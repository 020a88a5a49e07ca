//! The locations of names.

ghost use Rattle.std.specs.Prelude.{◌≡◌, ◌++◌, IfOk, OnOk, map, option_map, option_to_list};
ghost use Rattle.std.specs.List.{flat_map};
ghost use Rattle.isle_lsp_features.specs.Programs.{text_of};
ghost use Rattle.isle_index.specs.Occurrences.{name_at};
ghost use Rattle.isle_index.specs.Held.{all_in};
ghost use Rattle.isle_lsp_protocol.specs.Items.{item_data, items_data};
ghost use Rattle.isle_lsp_features.specs.Answers.{list_data};
ghost use Rattle.isle_lsp_features.specs.Located as wanted;
ghost use Rattle.isle_lsp_text.specs.Positions.{IsPlace};
ghost use Rattle.isle_lsp_features.specs.Located.{AreHighlights, AreReferences, IsDefinition};

use crate::Text;
use crate::places::Place;
use isle_index::{Index, Occurrence};
use isle_lsp_protocol::items::Item;
use isle_lsp_text::positions::{Place as TextPlace, START};
use isle_lsp_text::ranges::range_near;
use std::alloc::{AllocError, Global};

/// The definitions of the name at a place, or `None` if there is no name.
pub fn definition<'a>(
    alloc: Global,
    program: &[Text<'a>],
    index: &Index,
    place: Place,
) -> Result<Option<Vec<Item<'a>>>, AllocError>
    ensures { let all = all_in index.now in IfOk result (λ items. IsDefinition
        (map text_of program.now) (name_at place.entry.pos all) all (list_data items)) }
{
    match index.name_at(alloc, place.pos)? {
        Some(name) => {
            let found = index.definitions(alloc, &name)?;
            Ok(Some(locations(alloc, program, true, &found)?))
        }
        None => Ok(None),
    }
}

/// The uses of the name at a place, with its definitions if they are asked for, or `None` if there
/// is no name.
pub fn references<'a>(
    alloc: Global,
    program: &[Text<'a>],
    index: &Index,
    place: Place,
    with_definitions: bool,
) -> Result<Option<Vec<Item<'a>>>, AllocError>
    ensures { let all = all_in index.now in IfOk result (λ items.
        AreReferences (map text_of program.now) with_definitions (name_at place.entry.pos all) all
        (list_data items)) }
{
    match index.name_at(alloc, place.pos)? {
        Some(name) => {
            let found = index.occurrences(alloc, &name)?;
            Ok(Some(locations(alloc, program, with_definitions, &found)?))
        }
        None => Ok(None),
    }
}

/// The uses of the name at a place in its file, or `None` if there is no name.
pub fn highlights<'a>(
    alloc: Global,
    index: &Index,
    place: Place,
) -> Result<Option<Vec<Item<'a>>>, AllocError>
    ensures { let all = all_in index.now in IfOk result (λ items.
        AreHighlights place.entry.encoding place.entry.pos.file place.entry.text.now
        (name_at place.entry.pos all) all (list_data items)) }
{
    match index.name_at(alloc, place.pos)? {
        Some(name) => {
            let found = index.occurrences(alloc, &name)?;
            Ok(Some(highlights_in(alloc, place, &found)?))
        }
        None => Ok(None),
    }
}

/// The locations of occurrences, text by text, without definitions if they are not asked for.
fn locations<'a>(
    alloc: Global,
    program: &[Text<'a>],
    with_definitions: bool,
    found: &[Occurrence],
) -> Result<Vec<Item<'a>>, AllocError>
    ensures { IfOk result (λ items. items_data items.items
        ≡ wanted.locations (map text_of program.now) with_definitions found.now) }
{
    let mut items = Vec::new(alloc);
    for (number, source) in program.iter().enumerate() {
        add_locations(number, *source, with_definitions, found, &mut items)?;
    }
    Ok(items)
}

/// Adds the locations of the occurrences in the text with this number.
pub(crate) fn add_locations<'a>(
    number: usize,
    source: Text<'a>,
    with_definitions: bool,
    found: &[Occurrence],
    items: &mut Vec<Item<'a>>,
) -> Result<(), AllocError>
    ensures { OnOk result (map item_data items.new.items ≡ map item_data items.old.items
        ++ flat_map (wanted.location_in number (text_of source.entry) with_definitions)
        found.now) }
{
    let mut near = START;
    for occurrence in found {
        if let Some(item) = location_in(number, source, with_definitions, &mut near, *occurrence) {
            items.push(item)?;
        }
    }
    Ok(())
}

/// The location of an occurrence, if it is in the text with this number and is asked for.
fn location_in<'a>(
    number: usize,
    source: Text<'a>,
    with_definitions: bool,
    near: &mut TextPlace,
    occurrence: Occurrence,
) -> Option<Item<'a>>
    requires { IsPlace source.encoding source.text.now near.old }
    ensures item { option_to_list (option_map item_data result)
        ≡ wanted.location_in number (text_of source.entry) with_definitions occurrence }
    ensures near { IsPlace source.entry.encoding source.entry.text.now near.new }
{
    if occurrence.pos.file != number {
        return None;
    }
    if !with_definitions && occurrence.is_definition {
        return None;
    }
    let uri = source.uri;
    let range = range_near(
        source.encoding,
        source.text,
        near,
        occurrence.pos.offset,
        occurrence.len,
    );
    Some(Item::Location { uri, range })
}

/// The highlights of the occurrences in the text of a place.
fn highlights_in<'a>(
    alloc: Global,
    place: Place,
    found: &[Occurrence],
) -> Result<Vec<Item<'a>>, AllocError>
    ensures { IfOk result (λ items. items_data items.items ≡ wanted.highlights
        place.entry.encoding place.entry.pos.file place.entry.text.now found.now) }
{
    let mut items = Vec::new(alloc);
    let mut near = START;
    for occurrence in found {
        if let Some(item) = highlight_of(place, &mut near, *occurrence) {
            items.push(item)?;
        }
    }
    Ok(items)
}

/// The highlight of an occurrence, if it is in the text of a place.
fn highlight_of<'a>(place: Place, near: &mut TextPlace, occurrence: Occurrence) -> Option<Item<'a>>
    requires { IsPlace place.encoding place.text.now near.old }
    ensures item { option_to_list (option_map item_data result) ≡ wanted.highlight_of
        place.entry.encoding place.entry.pos.file place.entry.text.now occurrence }
    ensures near { IsPlace place.entry.encoding place.entry.text.now near.new }
{
    if occurrence.pos.file != place.pos.file {
        return None;
    }
    let range = range_near(
        place.encoding,
        place.text,
        near,
        occurrence.pos.offset,
        occurrence.len,
    );
    Some(Item::Highlight { range })
}
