//! The documentation of a name, for hover and for completions.

ghost use Rattle.std.specs.Prelude.{◌≡◌, IfOk, Some, map, option_map, string_bytes};
ghost use Rattle.serde_json.specs.View.{view};
ghost use Rattle.isle_lsp_features.specs.Programs.{text_of};
ghost use Rattle.isle_resolve.specs.Names.{named_of};
ghost use Rattle.isle_index.specs.Occurrences.{name_at, occurrence_at};
ghost use Rattle.isle_index.specs.Held.{all_in};
ghost use Rattle.isle_lsp_features.specs.Completed.{item_name};
ghost use Rattle.isle_lsp_features.specs.Shown as wanted;
ghost use Rattle.isle_lsp_features.specs.Shown.{IsCut, IsFirstShown, IsHover, IsResolved, IsShown};
ghost use Rattle.isle_lsp_features.specs.Shown.{IsShownOf};

use crate::Text;
use crate::completion::item_name;
use crate::places::Place;
use isle_index::{Index, Name, Occurrence};
use isle_lsp_calls::items::extent_of;
use isle_lsp_protocol::results::{hover_value, with_documentation};
use isle_lsp_text::comments::comments_start;
use isle_lsp_text::lists::lists;
use isle_lsp_text::ranges::range_at;
use serde_json::Value;
use std::alloc::{AllocError, Global};

/// The hover at a place: the source of the definition of the name there, with the line comments
/// above it, or null if there is none.
pub fn hover(
    alloc: Global,
    program: &[Text],
    index: &Index,
    place: Place,
) -> Result<Value, AllocError>
    ensures { let all = all_in index.now in IfOk result (λ value.
        IsHover place.entry.encoding (map text_of program.now) place.entry.text.now
        (name_at place.entry.pos all) (occurrence_at place.entry.pos all) all (view value)) }
{
    match (
        index.name_at(alloc, place.pos)?,
        index.occurrence_at(place.pos),
    ) {
        (Some(name), Some(occurrence)) => {
            let shown = documentation(alloc, program, index, &name)?;
            hover_at(alloc, place, shown, occurrence)
        }
        _ => Ok(Value::Null),
    }
}

/// The hover of an occurrence in the text of a place, with this documentation.
fn hover_at(
    alloc: Global,
    place: Place,
    shown: Option<String>,
    occurrence: Occurrence,
) -> Result<Value, AllocError>
    ensures { IfOk result (λ value. view value
        ≡ wanted.hover_data place.entry.encoding place.entry.text.now
        (option_map string_bytes shown) occurrence) }
{
    match shown {
        Some(shown) => {
            let range = range_at(
                place.encoding,
                place.text,
                occurrence.pos.offset,
                occurrence.len,
            );
            hover_value(alloc, shown.as_str(), range)
        }
        None => Ok(Value::Null),
    }
}

/// A completion item with the documentation of its name, or unchanged if there is none.
pub fn resolve(
    alloc: Global,
    program: &[Text],
    index: &Index,
    item: &Value,
) -> Result<Value, AllocError>
    ensures { IfOk result (λ value. IsResolved (map text_of program.now) (all_in index.now)
        (item_name (view item.now)) (view item.now) (view value)) }
{
    match item_name(alloc, item)? {
        Some(name) => {
            let shown = documentation(alloc, program, index, &name)?;
            resolve_with(alloc, item, shown)
        }
        None => item.clone(),
    }
}

/// A completion item with this documentation, if any.
fn resolve_with(alloc: Global, item: &Value, shown: Option<String>) -> Result<Value, AllocError>
    ensures { IfOk result (λ value. view value
        ≡ wanted.resolved_data (view item.now) (option_map string_bytes shown)) }
{
    match shown {
        Some(shown) => with_documentation(alloc, item, shown.as_str()),
        None => item.clone(),
    }
}

/// The documentation of a name, which is its first definition, or `None` if it is not defined.
fn documentation(
    alloc: Global,
    program: &[Text],
    index: &Index,
    name: &Name,
) -> Result<Option<String>, AllocError>
    ensures { IfOk result (λ shown. IsShownOf (map text_of program.now)
        (named_of name.now) (all_in index.now) (option_map string_bytes shown)) }
{
    let found = index.definitions(alloc, name)?;
    match found.first() {
        Some(definition) => documentation_at(alloc, program, name, *definition),
        None => Ok(None),
    }
}

/// The documentation of a definition, or `None` if its text is not in the program.
fn documentation_at(
    alloc: Global,
    program: &[Text],
    name: &Name,
    definition: Occurrence,
) -> Result<Option<String>, AllocError>
    ensures { IfOk result (λ shown. IsFirstShown (map text_of program.now)
        (named_of name.now) (Some definition) (option_map string_bytes shown)) }
{
    match program.get(definition.pos.file) {
        Some(source) => {
            let shown = definition_text(alloc, source.text, name, definition)?;
            Ok(Some(shown))
        }
        None => Ok(None),
    }
}

/// The source of a definition as a block of Markdown, with the comments above it.
fn definition_text(
    alloc: Global,
    text: &str,
    name: &Name,
    definition: Occurrence,
) -> Result<String, AllocError>
    ensures { IfOk result
        (λ shown. IsShown text.now (named_of name.now) definition (string_bytes shown)) }
{
    let lists = lists(alloc, text)?;
    let whole = extent_of(text, &lists, name, definition);
    let start = comments_start(alloc, text, whole.from)?;
    let part = cut(text, start, whole.to);
    format!(in alloc; "```isle\n{part}\n```")
}

/// The text from one offset to another, or nothing if that splits a character.
fn cut(text: &str, from: usize, to: usize) -> &str
    ensures { IsCut text.now from to result.now }
{
    match text.get(from..to) {
        Some(part) => part,
        None => "",
    }
}
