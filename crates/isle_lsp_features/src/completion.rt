//! The completions at a place.

ghost use Rattle.std.specs.Prelude.{◌≡◌, ◌≤◌, ◌++◌, IfOk, None, OnOk, Some, filter, length};
ghost use Rattle.std.specs.Prelude.{map, min, nat_eq, option_map, string_bytes};
ghost use Rattle.std.specs.List.{starts_with};
ghost use Rattle.std.specs.List.Sorted.{IsPermutation, IsSortedByKey};
ghost use Rattle.isle_index.specs.Candidates.{candidate_of};
ghost use Rattle.isle_index.specs.Held.{all_in};
ghost use Rattle.isle_resolve.specs.Names.{global, named_of};
ghost use Rattle.serde_json.specs.View.{view};
ghost use Rattle.isle_lsp_protocol.specs.Items.{item_data, items_data};
ghost use Rattle.isle_lsp_text.specs.Names.{name_before};
ghost use Rattle.isle_lsp_features.specs.Completed as wanted;
ghost use Rattle.isle_lsp_features.specs.Completed.{AreCompletions, word_of};

use crate::places::Place;
use isle_base::lexer::Pos;
use isle_index::{Candidate, Index, Kind, Name, SymbolKind};
use isle_lsp_context::offers::{Names, keywords_of, names_of};
use isle_lsp_context::places::slot_at;
use isle_lsp_context::slot::Slot;
use isle_lsp_protocol::items::Item;
use isle_lsp_protocol::parameters::{kind_of, label_of};
use isle_lsp_text::lists::{ListSpan, lists, outer_list};
use isle_lsp_text::names::name_before;
use isle_lsp_text::positions::{Range, START};
use isle_lsp_text::ranges::range_between;
use serde_json::Value;
use std::alloc::{AllocError, Global};

/// A text that may stand at a place.
#[derive(Drop)]
struct Word {
    /// The protocol's number of its kind.
    kind: usize,
    text: String,
}

/// The completions at a place: the names and the keywords that may stand there, and that begin with
/// the partly written name before it, each once, sorted. The variables among them are those in
/// scope at the last name before the place, if that name is in the outermost list around the place.
pub fn completion<'a>(
    alloc: Global,
    index: &Index,
    place: Place,
) -> Result<Vec<Item<'a>>, AllocError>
    ensures { IfOk result (λ items. AreCompletions place.entry.encoding place.entry.pos
        place.entry.text.now (all_in index.now) (items_data items.items)) }
{
    let lists = lists(alloc, place.text)?;
    let from = outer_start(place.text, &lists, place.pos.offset);
    let prefix = name_before(place.text, place.pos.offset);
    let found = index.candidates(alloc, place.pos, from, prefix)?;
    let slot = slot_at(alloc, place.text, place.pos.offset)?;
    let words = sorted_words(alloc, found, slot, prefix)?;
    let range = range_before(place, prefix);
    items(alloc, words, range)
}

/// The start of the outermost list around an offset, or the end of the text if there is none.
fn outer_start(text: &str, lists: &[ListSpan], offset: usize) -> usize
    ensures { result ≡ wanted.outer_start text.now lists.now offset }
{
    match outer_list(lists, offset) {
        Some(list) => list.from,
        None => text.len(),
    }
}

/// The range of the partly written name right before a place, which is this prefix.
fn range_before(place: Place, prefix: &[u8]) -> Range
    requires name { prefix.now ≡ name_before place.text.now place.pos.offset }
    requires within { length prefix.now ≤ min place.pos.offset (length place.text.now) }
    ensures { result
        ≡ wanted.range_before place.entry.encoding place.entry.text.now place.entry.pos.offset }
{
    let text = place.text;
    let end = place.pos.offset.min(text.len());
    let mut near = START;
    range_between(place.encoding, text, &mut near, end - prefix.len(), end)
}

/// The candidates that may stand in a slot and the keywords that begin with a prefix, sorted.
fn sorted_words(
    alloc: Global,
    found: Vec<Candidate>,
    slot: Slot,
    prefix: &[u8],
) -> Result<Vec<Word>, AllocError>
    ensures exact { IfOk result (λ words. IsPermutation
        (wanted.words slot prefix.now (map candidate_of found.items)) (map word_of words.items)) }
    ensures in_order { IfOk result
        (λ words. IsSortedByKey (λ w. string_bytes w.text) wanted.text_order words.items) }
{
    let mut words = all_words(alloc, found, slot, prefix)?;
    words.sort_by(|a, b| a.text.cmp(&b.text))?;
    Ok(words)
}

/// The candidates that may stand in a slot, and then the keywords that begin with a prefix.
fn all_words(
    alloc: Global,
    found: Vec<Candidate>,
    slot: Slot,
    prefix: &[u8],
) -> Result<Vec<Word>, AllocError>
    ensures { IfOk result (λ words. map word_of words.items
        ≡ wanted.words slot prefix.now (map candidate_of found.items)) }
{
    let mut words = Vec::new(alloc);
    add_names(found, names_of(slot), &mut words)?;
    add_keywords(alloc, keywords_of(slot), prefix, &mut words)?;
    Ok(words)
}

/// Adds the candidates that are of these kinds.
fn add_names(found: Vec<Candidate>, names: Names, words: &mut Vec<Word>) -> Result<(), AllocError>
    ensures { OnOk result (map word_of words.new.items ≡ map word_of words.old.items
        ++ map wanted.name_word (filter (wanted.is_of names) (map candidate_of found.items))) }
{
    for candidate in found {
        if is_of(names, candidate.kind) {
            words.push(name_word(candidate))?;
        }
    }
    Ok(())
}

/// Returns whether a name of a kind is one of these.
fn is_of(names: Names, kind: SymbolKind) -> bool
    ensures { result ≡ wanted.is_kind_of names kind }
{
    match names {
        Names::All => true,
        Names::Nothing => false,
        Names::Types => matches!(kind, SymbolKind::Type),
        Names::Terms => matches!(kind, SymbolKind::Term | SymbolKind::Variant),
        Names::Values => !matches!(kind, SymbolKind::Type),
    }
}

/// A candidate as a word.
fn name_word(candidate: Candidate) -> Word
    ensures { word_of result ≡ wanted.name_word (candidate_of candidate) }
{
    Word {
        kind: number_of(candidate.kind),
        text: candidate.text,
    }
}

/// Adds the keywords that begin with a prefix.
fn add_keywords(
    alloc: Global,
    keywords: &[&str],
    prefix: &[u8],
    words: &mut Vec<Word>,
) -> Result<(), AllocError>
    ensures { OnOk result (map word_of words.new.items ≡ map word_of words.old.items
        ++ map wanted.keyword_word (filter (λ text. starts_with nat_eq text prefix.now)
        (map (λ keyword. keyword.now) keywords.now))) }
{
    for keyword in keywords {
        if keyword.as_bytes().starts_with(prefix) {
            let text = String::from_str(alloc, keyword)?;
            let kind = KEYWORD;
            words.push(Word { kind, text })?;
        }
    }
    Ok(())
}

/// Words as items that replace a range, each text once. They are sorted.
fn items<'a>(alloc: Global, mut words: Vec<Word>, range: Range) -> Result<Vec<Item<'a>>, AllocError>
    ensures { IfOk result
        (λ items. items_data items.items ≡ wanted.items range (map word_of words.items)) }
{
    drop_repeats(&mut words);
    let mut items = Vec::new(alloc);
    for word in words {
        items.push(word_item(word, range))?;
    }
    Ok(items)
}

/// Drops each word with the same text as the one before.
fn drop_repeats(words: &mut Vec<Word>)
    ensures { map word_of words.new.items ≡ wanted.once None (map word_of words.old.items) }
{
    words.dedup_by(|word, last| last.text == word.text);
}

/// A word as an item that replaces a range.
fn word_item<'a>(word: Word, range: Range) -> Item<'a>
    ensures { item_data result ≡ wanted.item range (word_of word) }
{
    Item::Completion {
        name: word.text,
        kind: word.kind,
        range,
    }
}

/// The protocol's number of a keyword.
const KEYWORD: usize = 14;

/// The protocol's number of a kind of completion.
fn number_of(kind: SymbolKind) -> usize
    ensures { result ≡ wanted.number_of kind }
{
    match kind {
        SymbolKind::Term => 3,
        SymbolKind::Type => 22,
        SymbolKind::Variant => 20,
        SymbolKind::Constant => 21,
        SymbolKind::Variable => 6,
    }
}

/// The name in a completion item, if it is global. The kind of the item is a number of `number_of`.
pub fn item_name(alloc: Global, item: &Value) -> Result<Option<Name>, AllocError>
    ensures { IfOk result
        (λ name. option_map named_of name ≡ wanted.item_name (view item.now)) }
{
    match (label_of(item), kind_of(item)) {
        (Some(label), Some(3 | 20)) => global(alloc, Kind::Term, label),
        (Some(label), Some(22)) => global(alloc, Kind::Type, label),
        (Some(label), Some(21)) => constant(alloc, label),
        _ => Ok(None),
    }
}

/// The name of a constant from its label, or `None` if that does not begin with `$`.
fn constant(alloc: Global, label: &str) -> Result<Option<Name>, AllocError>
    ensures { IfOk result (λ name. option_map named_of name ≡ wanted.constant_of label.now) }
{
    match label.strip_prefix("$") {
        Some(text) => global(alloc, Kind::Constant, text),
        None => Ok(None),
    }
}

fn global(alloc: Global, kind: Kind, text: &str) -> Result<Option<Name>, AllocError>
    ensures { IfOk result (λ name. option_map named_of name ≡ Some (global kind text.now)) }
{
    let text = String::from_str(alloc, text)?;
    Ok(Some(Name::Global { kind, text }))
}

━━━━━━━━

> [Aim of the exercise]: Work out how many lines in the records hold the word "AreReferences", and answer with that number alone.

> [Task response]: 2